*Your goal*:
Your task is to repeat each record verbatim, exactly as it was written.

*Material provided*:
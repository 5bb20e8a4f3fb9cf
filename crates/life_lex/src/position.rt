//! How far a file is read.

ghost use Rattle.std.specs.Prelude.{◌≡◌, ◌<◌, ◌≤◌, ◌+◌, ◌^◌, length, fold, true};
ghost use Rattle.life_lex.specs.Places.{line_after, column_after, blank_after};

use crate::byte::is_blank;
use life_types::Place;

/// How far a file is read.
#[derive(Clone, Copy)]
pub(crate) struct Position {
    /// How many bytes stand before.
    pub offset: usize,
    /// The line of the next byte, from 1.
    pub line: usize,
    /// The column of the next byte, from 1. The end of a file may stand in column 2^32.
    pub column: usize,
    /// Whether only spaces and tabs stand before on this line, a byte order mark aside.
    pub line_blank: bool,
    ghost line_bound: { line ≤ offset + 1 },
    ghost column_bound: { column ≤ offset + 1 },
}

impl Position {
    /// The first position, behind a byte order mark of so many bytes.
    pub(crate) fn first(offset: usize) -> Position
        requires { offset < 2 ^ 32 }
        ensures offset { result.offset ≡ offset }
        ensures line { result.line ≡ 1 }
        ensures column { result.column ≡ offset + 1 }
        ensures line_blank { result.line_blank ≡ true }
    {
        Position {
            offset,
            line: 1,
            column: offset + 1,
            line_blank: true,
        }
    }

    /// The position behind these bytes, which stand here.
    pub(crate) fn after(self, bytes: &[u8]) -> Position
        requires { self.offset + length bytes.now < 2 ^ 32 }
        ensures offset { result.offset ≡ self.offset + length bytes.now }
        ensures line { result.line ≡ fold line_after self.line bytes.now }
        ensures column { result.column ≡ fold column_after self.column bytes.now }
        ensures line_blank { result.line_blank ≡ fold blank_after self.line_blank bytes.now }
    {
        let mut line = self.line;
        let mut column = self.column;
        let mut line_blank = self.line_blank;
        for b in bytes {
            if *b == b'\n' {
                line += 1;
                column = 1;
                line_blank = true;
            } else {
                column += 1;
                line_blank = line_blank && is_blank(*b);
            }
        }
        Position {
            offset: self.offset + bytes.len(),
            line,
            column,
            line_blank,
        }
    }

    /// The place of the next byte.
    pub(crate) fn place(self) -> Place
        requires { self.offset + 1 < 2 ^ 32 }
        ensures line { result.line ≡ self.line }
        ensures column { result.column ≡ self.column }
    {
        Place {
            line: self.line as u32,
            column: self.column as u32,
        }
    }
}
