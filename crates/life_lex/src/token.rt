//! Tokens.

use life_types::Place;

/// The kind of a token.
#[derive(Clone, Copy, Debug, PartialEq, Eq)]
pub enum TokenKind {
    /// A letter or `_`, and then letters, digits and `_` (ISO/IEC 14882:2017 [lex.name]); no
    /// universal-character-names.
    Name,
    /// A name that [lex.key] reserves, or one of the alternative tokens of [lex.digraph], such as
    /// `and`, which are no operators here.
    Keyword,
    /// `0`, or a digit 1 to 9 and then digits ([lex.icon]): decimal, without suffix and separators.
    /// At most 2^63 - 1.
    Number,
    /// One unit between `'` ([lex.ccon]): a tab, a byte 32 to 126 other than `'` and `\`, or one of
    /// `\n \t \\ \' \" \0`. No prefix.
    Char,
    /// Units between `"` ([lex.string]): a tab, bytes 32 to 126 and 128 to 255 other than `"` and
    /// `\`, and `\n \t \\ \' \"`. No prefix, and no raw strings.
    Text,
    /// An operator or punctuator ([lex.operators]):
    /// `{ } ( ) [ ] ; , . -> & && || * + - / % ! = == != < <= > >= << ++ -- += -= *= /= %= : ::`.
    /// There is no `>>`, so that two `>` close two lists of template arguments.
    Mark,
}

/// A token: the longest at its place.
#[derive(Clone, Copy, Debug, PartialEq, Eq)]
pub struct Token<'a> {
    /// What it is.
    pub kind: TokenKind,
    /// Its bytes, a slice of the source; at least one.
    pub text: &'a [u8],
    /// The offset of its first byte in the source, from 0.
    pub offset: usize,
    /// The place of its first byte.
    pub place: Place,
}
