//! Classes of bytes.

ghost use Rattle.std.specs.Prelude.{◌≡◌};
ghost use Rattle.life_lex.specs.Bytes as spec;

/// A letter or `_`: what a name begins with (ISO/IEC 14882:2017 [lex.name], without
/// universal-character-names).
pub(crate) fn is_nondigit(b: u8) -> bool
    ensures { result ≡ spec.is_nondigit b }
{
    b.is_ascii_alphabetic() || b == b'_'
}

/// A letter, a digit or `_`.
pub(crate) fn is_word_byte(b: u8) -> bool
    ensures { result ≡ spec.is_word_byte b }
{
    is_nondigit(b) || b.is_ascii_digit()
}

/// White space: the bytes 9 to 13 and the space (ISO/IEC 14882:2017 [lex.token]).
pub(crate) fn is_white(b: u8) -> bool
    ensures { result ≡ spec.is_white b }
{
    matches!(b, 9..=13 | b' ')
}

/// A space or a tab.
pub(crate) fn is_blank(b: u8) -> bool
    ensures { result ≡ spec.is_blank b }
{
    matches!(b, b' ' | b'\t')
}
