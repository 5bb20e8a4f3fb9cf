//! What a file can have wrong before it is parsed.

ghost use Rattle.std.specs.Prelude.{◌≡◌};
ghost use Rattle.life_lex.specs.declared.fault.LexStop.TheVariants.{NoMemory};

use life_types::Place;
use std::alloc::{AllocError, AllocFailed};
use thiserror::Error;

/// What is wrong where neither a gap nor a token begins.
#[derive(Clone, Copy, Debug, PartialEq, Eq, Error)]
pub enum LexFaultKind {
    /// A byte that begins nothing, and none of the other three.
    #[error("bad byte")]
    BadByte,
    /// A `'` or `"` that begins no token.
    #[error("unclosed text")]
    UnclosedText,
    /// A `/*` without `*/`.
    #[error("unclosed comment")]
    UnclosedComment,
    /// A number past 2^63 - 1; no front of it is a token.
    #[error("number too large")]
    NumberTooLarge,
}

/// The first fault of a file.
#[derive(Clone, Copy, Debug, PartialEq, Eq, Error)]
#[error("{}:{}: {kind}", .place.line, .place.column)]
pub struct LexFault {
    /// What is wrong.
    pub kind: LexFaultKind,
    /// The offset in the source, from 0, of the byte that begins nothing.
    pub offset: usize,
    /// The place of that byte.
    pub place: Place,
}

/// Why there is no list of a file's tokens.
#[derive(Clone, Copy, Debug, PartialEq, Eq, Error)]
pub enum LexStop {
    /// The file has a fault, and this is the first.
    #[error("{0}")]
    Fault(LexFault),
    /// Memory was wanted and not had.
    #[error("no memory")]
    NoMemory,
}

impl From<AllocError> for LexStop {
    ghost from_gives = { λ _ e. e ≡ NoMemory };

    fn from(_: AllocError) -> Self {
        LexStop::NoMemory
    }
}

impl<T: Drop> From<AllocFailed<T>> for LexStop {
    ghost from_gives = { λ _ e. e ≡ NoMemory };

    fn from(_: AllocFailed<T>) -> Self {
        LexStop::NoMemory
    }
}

*Response to this exercise*:
repository 5bb20e8a4f3fb9cf
filename crates/life_lex/src/position.rt
//! How far a file is read.

ghost use Rattle.std.specs.Prelude.{◌≡◌, ◌<◌, ◌≤◌, ◌+◌, ◌^◌, length, fold, true};
ghost use Rattle.life_lex.specs.Places.{line_after, column_after, blank_after};

use crate::byte::is_blank;
use life_types::Place;

/// How far a file is read.
#[derive(Clone, Copy)]
pub(crate) struct Position {
    /// How many bytes stand before.
    pub offset: usize,
    /// The line of the next byte, from 1.
    pub line: usize,
    /// The column of the next byte, from 1. The end of a file may stand in column 2^32.
    pub column: usize,
    /// Whether only spaces and tabs stand before on this line, a byte order mark aside.
    pub line_blank: bool,
    ghost line_bound: { line ≤ offset + 1 },
    ghost column_bound: { column ≤ offset + 1 },
}

impl Position {
    /// The first position, behind a byte order mark of so many bytes.
    pub(crate) fn first(offset: usize) -> Position
        requires { offset < 2 ^ 32 }
        ensures offset { result.offset ≡ offset }
        ensures line { result.line ≡ 1 }
        ensures column { result.column ≡ offset + 1 }
        ensures line_blank { result.line_blank ≡ true }
    {
        Position {
            offset,
            line: 1,
            column: offset + 1,
            line_blank: true,
        }
    }

    /// The position behind these bytes, which stand here.
    pub(crate) fn after(self, bytes: &[u8]) -> Position
        requires { self.offset + length bytes.now < 2 ^ 32 }
        ensures offset { result.offset ≡ self.offset + length bytes.now }
        ensures line { result.line ≡ fold line_after self.line bytes.now }
        ensures column { result.column ≡ fold column_after self.column bytes.now }
        ensures line_blank { result.line_blank ≡ fold blank_after self.line_blank bytes.now }
    {
        let mut line = self.line;
        let mut column = self.column;
        let mut line_blank = self.line_blank;
        for b in bytes {
            if *b == b'\n' {
                line += 1;
                column = 1;
                line_blank = true;
            } else {
                column += 1;
                line_blank = line_blank && is_blank(*b);
            }
        }
        Position {
            offset: self.offset + bytes.len(),
            line,
            column,
            line_blank,
        }
    }

    /// The place of the next byte.
    pub(crate) fn place(self) -> Place
        requires { self.offset + 1 < 2 ^ 32 }
        ensures line { result.line ≡ self.line }
        ensures column { result.column ≡ self.column }
    {
        Place {
            line: self.line as u32,
            column: self.column as u32,
        }
    }
}
filename crates/life_lex/src/token.rt
//! Tokens.

use life_types::Place;

/// The kind of a token.
#[derive(Clone, Copy, Debug, PartialEq, Eq)]
pub enum TokenKind {
    /// A letter or `_`, and then letters, digits and `_` (ISO/IEC 14882:2017 [lex.name]); no
    /// universal-character-names.
    Name,
    /// A name that [lex.key] reserves, or one of the alternative tokens of [lex.digraph], such as
    /// `and`, which are no operators here.
    Keyword,
    /// `0`, or a digit 1 to 9 and then digits ([lex.icon]): decimal, without suffix and separators.
    /// At most 2^63 - 1.
    Number,
    /// One unit between `'` ([lex.ccon]): a tab, a byte 32 to 126 other than `'` and `\`, or one of
    /// `\n \t \\ \' \" \0`. No prefix.
    Char,
    /// Units between `"` ([lex.string]): a tab, bytes 32 to 126 and 128 to 255 other than `"` and
    /// `\`, and `\n \t \\ \' \"`. No prefix, and no raw strings.
    Text,
    /// An operator or punctuator ([lex.operators]):
    /// `{ } ( ) [ ] ; , . -> & && || * + - / % ! = == != < <= > >= << ++ -- += -= *= /= %= : ::`.
    /// There is no `>>`, so that two `>` close two lists of template arguments.
    Mark,
}

/// A token: the longest at its place.
#[derive(Clone, Copy, Debug, PartialEq, Eq)]
pub struct Token<'a> {
    /// What it is.
    pub kind: TokenKind,
    /// Its bytes, a slice of the source; at least one.
    pub text: &'a [u8],
    /// The offset of its first byte in the source, from 0.
    pub offset: usize,
    /// The place of its first byte.
    pub place: Place,
}
//! Classes of bytes.

ghost use Rattle.std.specs.Prelude.{◌≡◌};
ghost use Rattle.life_lex.specs.Bytes as spec;

/// A letter or `_`: what a name begins with (ISO/IEC 14882:2017 [lex.name], without
/// universal-character-names).
pub(crate) fn is_nondigit(b: u8) -> bool
    ensures { result ≡ spec.is_nondigit b }
{
    b.is_ascii_alphabetic() || b == b'_'
}

/// A letter, a digit or `_`.
pub(crate) fn is_word_byte(b: u8) -> bool
    ensures { result ≡ spec.is_word_byte b }
{
    is_nondigit(b) || b.is_ascii_digit()
}

/// White space: the bytes 9 to 13 and the space (ISO/IEC 14882:2017 [lex.token]).
pub(crate) fn is_white(b: u8) -> bool
    ensures { result ≡ spec.is_white b }
{
    matches!(b, 9..=13 | b' ')
}

/// A space or a tab.
pub(crate) fn is_blank(b: u8) -> bool
    ensures { result ≡ spec.is_blank b }
{
    matches!(b, b' ' | b'\t')
}
repository 5bb20e8a4f3fb9cf
//! What a file can have wrong before it is parsed.

ghost use Rattle.std.specs.Prelude.{◌≡◌};
ghost use Rattle.life_lex.specs.declared.fault.LexStop.TheVariants.{NoMemory};

use life_types::Place;
use std::alloc::{AllocError, AllocFailed};
use thiserror::Error;

/// What is wrong where neither a gap nor a token begins.
#[derive(Clone, Copy, Debug, PartialEq, Eq, Error)]
pub enum LexFaultKind {
    /// A byte that begins nothing, and none of the other three.
    #[error("bad byte")]
    BadByte,
    /// A `'` or `"` that begins no token.
    #[error("unclosed text")]
    UnclosedText,
    /// A `/*` without `*/`.
    #[error("unclosed comment")]
    UnclosedComment,
    /// A number past 2^63 - 1; no front of it is a token.
    #[error("number too large")]
    NumberTooLarge,
}

/// The first fault of a file.
#[derive(Clone, Copy, Debug, PartialEq, Eq, Error)]
#[error("{}:{}: {kind}", .place.line, .place.column)]
pub struct LexFault {
    /// What is wrong.
    pub kind: LexFaultKind,
    /// The offset in the source, from 0, of the byte that begins nothing.
    pub offset: usize,
    /// The place of that byte.
    pub place: Place,
}

/// Why there is no list of a file's tokens.
#[derive(Clone, Copy, Debug, PartialEq, Eq, Error)]
pub enum LexStop {
    /// The file has a fault, and this is the first.
    #[error("{0}")]
    Fault(LexFault),
    /// Memory was wanted and not had.
    #[error("no memory")]
    NoMemory,
}

impl From<AllocError> for LexStop {
    ghost from_gives = { λ _ e. e ≡ NoMemory };

    fn from(_: AllocError) -> Self {
        LexStop::NoMemory
    }
}

impl<T: Drop> From<AllocFailed<T>> for LexStop {
    ghost from_gives = { λ _ e. e ≡ NoMemory };

    fn from(_: AllocFailed<T>) -> Self {
        LexStop::NoMemory
    }
}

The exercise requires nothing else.